THE PROBLEM: From the first record to the last, write each one out again exactly.

SUPPLIED ENTRIES:
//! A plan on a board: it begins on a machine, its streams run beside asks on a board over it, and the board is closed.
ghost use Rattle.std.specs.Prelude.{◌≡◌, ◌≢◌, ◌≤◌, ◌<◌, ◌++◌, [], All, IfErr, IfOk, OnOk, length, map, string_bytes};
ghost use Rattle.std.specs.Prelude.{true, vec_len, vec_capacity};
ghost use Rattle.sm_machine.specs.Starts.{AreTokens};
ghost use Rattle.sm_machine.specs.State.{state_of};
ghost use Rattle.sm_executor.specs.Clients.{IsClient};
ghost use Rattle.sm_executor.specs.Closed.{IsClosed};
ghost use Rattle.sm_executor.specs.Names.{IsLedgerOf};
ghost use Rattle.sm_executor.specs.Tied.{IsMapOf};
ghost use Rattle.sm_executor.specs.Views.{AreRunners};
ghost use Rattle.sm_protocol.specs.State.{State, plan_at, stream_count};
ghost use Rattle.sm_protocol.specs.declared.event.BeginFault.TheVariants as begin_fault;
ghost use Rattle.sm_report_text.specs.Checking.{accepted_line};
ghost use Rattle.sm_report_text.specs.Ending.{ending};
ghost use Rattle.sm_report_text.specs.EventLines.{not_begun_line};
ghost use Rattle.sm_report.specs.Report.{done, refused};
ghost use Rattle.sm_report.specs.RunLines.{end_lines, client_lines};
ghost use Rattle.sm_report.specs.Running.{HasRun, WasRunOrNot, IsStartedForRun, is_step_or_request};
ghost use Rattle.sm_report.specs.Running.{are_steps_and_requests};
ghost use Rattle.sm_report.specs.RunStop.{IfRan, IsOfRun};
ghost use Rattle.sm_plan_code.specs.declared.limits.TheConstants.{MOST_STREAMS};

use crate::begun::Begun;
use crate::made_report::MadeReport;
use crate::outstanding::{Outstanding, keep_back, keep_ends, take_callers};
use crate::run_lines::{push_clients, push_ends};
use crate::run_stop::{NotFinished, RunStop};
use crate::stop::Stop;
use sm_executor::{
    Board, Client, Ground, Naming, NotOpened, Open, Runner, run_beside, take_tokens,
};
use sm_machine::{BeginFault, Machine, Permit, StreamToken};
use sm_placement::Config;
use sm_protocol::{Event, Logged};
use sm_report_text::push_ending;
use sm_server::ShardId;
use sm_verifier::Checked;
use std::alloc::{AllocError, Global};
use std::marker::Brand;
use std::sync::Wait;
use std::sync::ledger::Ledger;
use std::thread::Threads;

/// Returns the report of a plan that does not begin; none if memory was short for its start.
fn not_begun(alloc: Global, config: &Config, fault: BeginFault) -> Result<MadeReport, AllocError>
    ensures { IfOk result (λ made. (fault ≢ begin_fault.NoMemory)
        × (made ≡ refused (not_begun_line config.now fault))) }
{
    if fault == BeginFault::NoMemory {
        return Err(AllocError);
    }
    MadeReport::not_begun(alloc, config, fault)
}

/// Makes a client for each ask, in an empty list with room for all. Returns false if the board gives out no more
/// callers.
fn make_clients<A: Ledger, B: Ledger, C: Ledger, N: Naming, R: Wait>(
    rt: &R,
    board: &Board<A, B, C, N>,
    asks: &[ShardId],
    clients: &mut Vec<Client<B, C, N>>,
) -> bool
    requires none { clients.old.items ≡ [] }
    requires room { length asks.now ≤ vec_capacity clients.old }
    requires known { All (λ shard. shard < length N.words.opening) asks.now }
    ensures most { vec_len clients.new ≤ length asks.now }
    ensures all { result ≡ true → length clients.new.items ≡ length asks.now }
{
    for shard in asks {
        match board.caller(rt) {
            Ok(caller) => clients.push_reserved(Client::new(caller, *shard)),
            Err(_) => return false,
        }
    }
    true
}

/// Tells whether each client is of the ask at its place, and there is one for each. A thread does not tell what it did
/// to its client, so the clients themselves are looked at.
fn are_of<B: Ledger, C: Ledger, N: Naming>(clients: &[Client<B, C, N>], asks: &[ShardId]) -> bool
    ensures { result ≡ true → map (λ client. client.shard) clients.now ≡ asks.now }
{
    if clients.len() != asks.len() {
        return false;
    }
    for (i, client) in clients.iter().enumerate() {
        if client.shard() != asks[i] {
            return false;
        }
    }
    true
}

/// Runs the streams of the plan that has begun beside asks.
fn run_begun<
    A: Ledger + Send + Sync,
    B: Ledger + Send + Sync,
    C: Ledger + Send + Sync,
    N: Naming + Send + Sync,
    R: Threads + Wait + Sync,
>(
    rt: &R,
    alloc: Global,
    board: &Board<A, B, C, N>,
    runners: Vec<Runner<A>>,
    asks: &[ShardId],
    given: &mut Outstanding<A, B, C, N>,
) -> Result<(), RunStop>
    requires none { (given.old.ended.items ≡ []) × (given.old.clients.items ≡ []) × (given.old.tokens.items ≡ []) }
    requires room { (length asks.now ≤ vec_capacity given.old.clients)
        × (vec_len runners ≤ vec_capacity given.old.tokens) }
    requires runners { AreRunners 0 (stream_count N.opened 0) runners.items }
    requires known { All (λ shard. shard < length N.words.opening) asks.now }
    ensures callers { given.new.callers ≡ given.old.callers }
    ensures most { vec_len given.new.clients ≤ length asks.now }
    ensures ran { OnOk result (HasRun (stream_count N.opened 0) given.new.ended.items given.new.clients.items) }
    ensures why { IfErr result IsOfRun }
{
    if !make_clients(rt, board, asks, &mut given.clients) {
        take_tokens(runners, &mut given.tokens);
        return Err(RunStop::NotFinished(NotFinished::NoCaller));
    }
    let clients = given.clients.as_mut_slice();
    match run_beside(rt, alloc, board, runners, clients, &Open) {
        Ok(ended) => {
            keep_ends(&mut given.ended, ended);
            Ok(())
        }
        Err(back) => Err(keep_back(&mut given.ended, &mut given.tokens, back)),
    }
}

ANSWER TO THIS TASK:
//! A plan on a board: it begins on a machine, its streams run beside asks on a board over it, and the board is closed.
ghost use Rattle.std.specs.Prelude.{◌≡◌, ◌≢◌, ◌≤◌, ◌<◌, ◌++◌, [], All, IfErr, IfOk, OnOk, length, map, string_bytes};
ghost use Rattle.std.specs.Prelude.{true, vec_len, vec_capacity};
ghost use Rattle.sm_machine.specs.Starts.{AreTokens};
ghost use Rattle.sm_machine.specs.State.{state_of};
ghost use Rattle.sm_executor.specs.Clients.{IsClient};
ghost use Rattle.sm_executor.specs.Closed.{IsClosed};
ghost use Rattle.sm_executor.specs.Names.{IsLedgerOf};
ghost use Rattle.sm_executor.specs.Tied.{IsMapOf};
ghost use Rattle.sm_executor.specs.Views.{AreRunners};
ghost use Rattle.sm_protocol.specs.State.{State, plan_at, stream_count};
ghost use Rattle.sm_protocol.specs.declared.event.BeginFault.TheVariants as begin_fault;
ghost use Rattle.sm_report_text.specs.Checking.{accepted_line};
ghost use Rattle.sm_report_text.specs.Ending.{ending};
ghost use Rattle.sm_report_text.specs.EventLines.{not_begun_line};
ghost use Rattle.sm_report.specs.Report.{done, refused};
ghost use Rattle.sm_report.specs.RunLines.{end_lines, client_lines};
ghost use Rattle.sm_report.specs.Running.{HasRun, WasRunOrNot, IsStartedForRun, is_step_or_request};
ghost use Rattle.sm_report.specs.Running.{are_steps_and_requests};
ghost use Rattle.sm_report.specs.RunStop.{IfRan, IsOfRun};
ghost use Rattle.sm_plan_code.specs.declared.limits.TheConstants.{MOST_STREAMS};

use crate::begun::Begun;
use crate::made_report::MadeReport;
use crate::outstanding::{Outstanding, keep_back, keep_ends, take_callers};
use crate::run_lines::{push_clients, push_ends};
use crate::run_stop::{NotFinished, RunStop};
use crate::stop::Stop;
use sm_executor::{
    Board, Client, Ground, Naming, NotOpened, Open, Runner, run_beside, take_tokens,
};
use sm_machine::{BeginFault, Machine, Permit, StreamToken};
use sm_placement::Config;
use sm_protocol::{Event, Logged};
use sm_report_text::push_ending;
use sm_server::ShardId;
use sm_verifier::Checked;
use std::alloc::{AllocError, Global};
use std::marker::Brand;
use std::sync::Wait;
use std::sync::ledger::Ledger;
use std::thread::Threads;

/// Returns the report of a plan that does not begin; none if memory was short for its start.
fn not_begun(alloc: Global, config: &Config, fault: BeginFault) -> Result<MadeReport, AllocError>
    ensures { IfOk result (λ made. (fault ≢ begin_fault.NoMemory)
        × (made ≡ refused (not_begun_line config.now fault))) }
{
    if fault == BeginFault::NoMemory {
        return Err(AllocError);
    }
    MadeReport::not_begun(alloc, config, fault)
}

/// Makes a client for each ask, in an empty list with room for all. Returns false if the board gives out no more
/// callers.
fn make_clients<A: Ledger, B: Ledger, C: Ledger, N: Naming, R: Wait>(
    rt: &R,
    board: &Board<A, B, C, N>,
    asks: &[ShardId],
    clients: &mut Vec<Client<B, C, N>>,
) -> bool
    requires none { clients.old.items ≡ [] }
    requires room { length asks.now ≤ vec_capacity clients.old }
    requires known { All (λ shard. shard < length N.words.opening) asks.now }
    ensures most { vec_len clients.new ≤ length asks.now }
    ensures all { result ≡ true → length clients.new.items ≡ length asks.now }
{
    for shard in asks {
        match board.caller(rt) {
            Ok(caller) => clients.push_reserved(Client::new(caller, *shard)),
            Err(_) => return false,
        }
    }
    true
}

/// Tells whether each client is of the ask at its place, and there is one for each. A thread does not tell what it did
/// to its client, so the clients themselves are looked at.
fn are_of<B: Ledger, C: Ledger, N: Naming>(clients: &[Client<B, C, N>], asks: &[ShardId]) -> bool
    ensures { result ≡ true → map (λ client. client.shard) clients.now ≡ asks.now }
{
    if clients.len() != asks.len() {
        return false;
    }
    for (i, client) in clients.iter().enumerate() {
        if client.shard() != asks[i] {
            return false;
        }
    }
    true
}

/// Runs the streams of the plan that has begun beside asks.
fn run_begun<
    A: Ledger + Send + Sync,
    B: Ledger + Send + Sync,
    C: Ledger + Send + Sync,
    N: Naming + Send + Sync,
    R: Threads + Wait + Sync,
>(
    rt: &R,
    alloc: Global,
    board: &Board<A, B, C, N>,
    runners: Vec<Runner<A>>,
    asks: &[ShardId],
    given: &mut Outstanding<A, B, C, N>,
) -> Result<(), RunStop>
    requires none { (given.old.ended.items ≡ []) × (given.old.clients.items ≡ []) × (given.old.tokens.items ≡ []) }
    requires room { (length asks.now ≤ vec_capacity given.old.clients)
        × (vec_len runners ≤ vec_capacity given.old.tokens) }
    requires runners { AreRunners 0 (stream_count N.opened 0) runners.items }
    requires known { All (λ shard. shard < length N.words.opening) asks.now }
    ensures callers { given.new.callers ≡ given.old.callers }
    ensures most { vec_len given.new.clients ≤ length asks.now }
    ensures ran { OnOk result (HasRun (stream_count N.opened 0) given.new.ended.items given.new.clients.items) }
    ensures why { IfErr result IsOfRun }
{
    if !make_clients(rt, board, asks, &mut given.clients) {
        take_tokens(runners, &mut given.tokens);
        return Err(RunStop::NotFinished(NotFinished::NoCaller));
    }
    let clients = given.clients.as_mut_slice();
    match run_beside(rt, alloc, board, runners, clients, &Open) {
        Ok(ended) => {
            keep_ends(&mut given.ended, ended);
            Ok(())
        }
        Err(back) => Err(keep_back(&mut given.ended, &mut given.tokens, back)),
    }
}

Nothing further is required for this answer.